Category Archives: Taxidermy

How to Keep Hunters from Hunting on Our Property?

Mule deer_Clear Lake_USFWS

Mule deer around Clear Lake (Photo courtesy of USFWS)

Question: Our church owns about 700 acres in the foothills of Northern California. We recently had someone shoot at a 6-point buck, wound it, and screech away off the property. We called the California Department of Fish and Wildlife (CDFW), who sent out a tracker. They followed the trail of blood but never found the wounded animal.

Meanwhile, we have many deer that reside on our property and we are vegetarians. We do not shoot the deer and they wander freely on the property. You can walk within maybe 20 feet of even these majestic big bucks and they won’t flee. We do not want people shooting the animals on our property.

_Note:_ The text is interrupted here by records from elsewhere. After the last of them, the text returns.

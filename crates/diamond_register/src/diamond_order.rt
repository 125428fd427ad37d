// The class order of a maker, two distributors that are rivals, and an auditor above both.
ghost use Rattle.diamond_register.specs.Diamond.{diamond_above, diamond_grade};
ghost use Rattle.std.proofs.Common.{rules};

use orders::class_order::ClassOrder;

pub const MAKER: u8 = 0;

pub const LEFT: u8 = 1;

pub const RIGHT: u8 = 2;

pub const AUDITOR: u8 = 3;

const CLASSES: u8 = 4;

// There is one such order, so it holds nothing.
#[derive(Drop)]
pub struct DiamondOrder;

impl ClassOrder for DiamondOrder {
    ghost classes = { λ _. 4 };

    ghost dominates = { λ _. diamond_above };

    ghost grade = { λ _. diamond_grade };

    ghost few = { Prim.search rules };

    ghost reflexive = { Prim.search rules };

    ghost antisymmetric = { Prim.search rules };

    ghost transitive = { Prim.search rules };

    ghost monotone = { Prim.search rules };

    ghost bounded = { Prim.search rules };

    fn classes(&self) -> u8 {
        CLASSES
    }

    fn dominates(&self, c: u8, d: u8) -> bool {
        c == d || d == MAKER || c == AUDITOR
    }

    fn grade(&self, c: u8) -> u8 {
        match c {
            MAKER => 0,
            AUDITOR => 2,
            _ => 1,
        }
    }
}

The Fish and Wildlife person who came out told us it was legal for people to shoot the deer on our property unless we fenced it or posted signs (such as “POSTED NO HUNTING”) all over the property. Is this really true? For one thing, it isn’t even hunting season (with a firearm, which this was), and second, it’s private property and we’ve not given written permission to anyone to hunt on our property.

We also don’t want to post “NO TRESPASSING” signs because we welcome the public to visit our beautiful community with 85 homes and a number of businesses, including a school.

Can you help me understand what the law states, and what we must do to allow the public on our land but disallow hunting (and fishing) on our land? (Church Administrator)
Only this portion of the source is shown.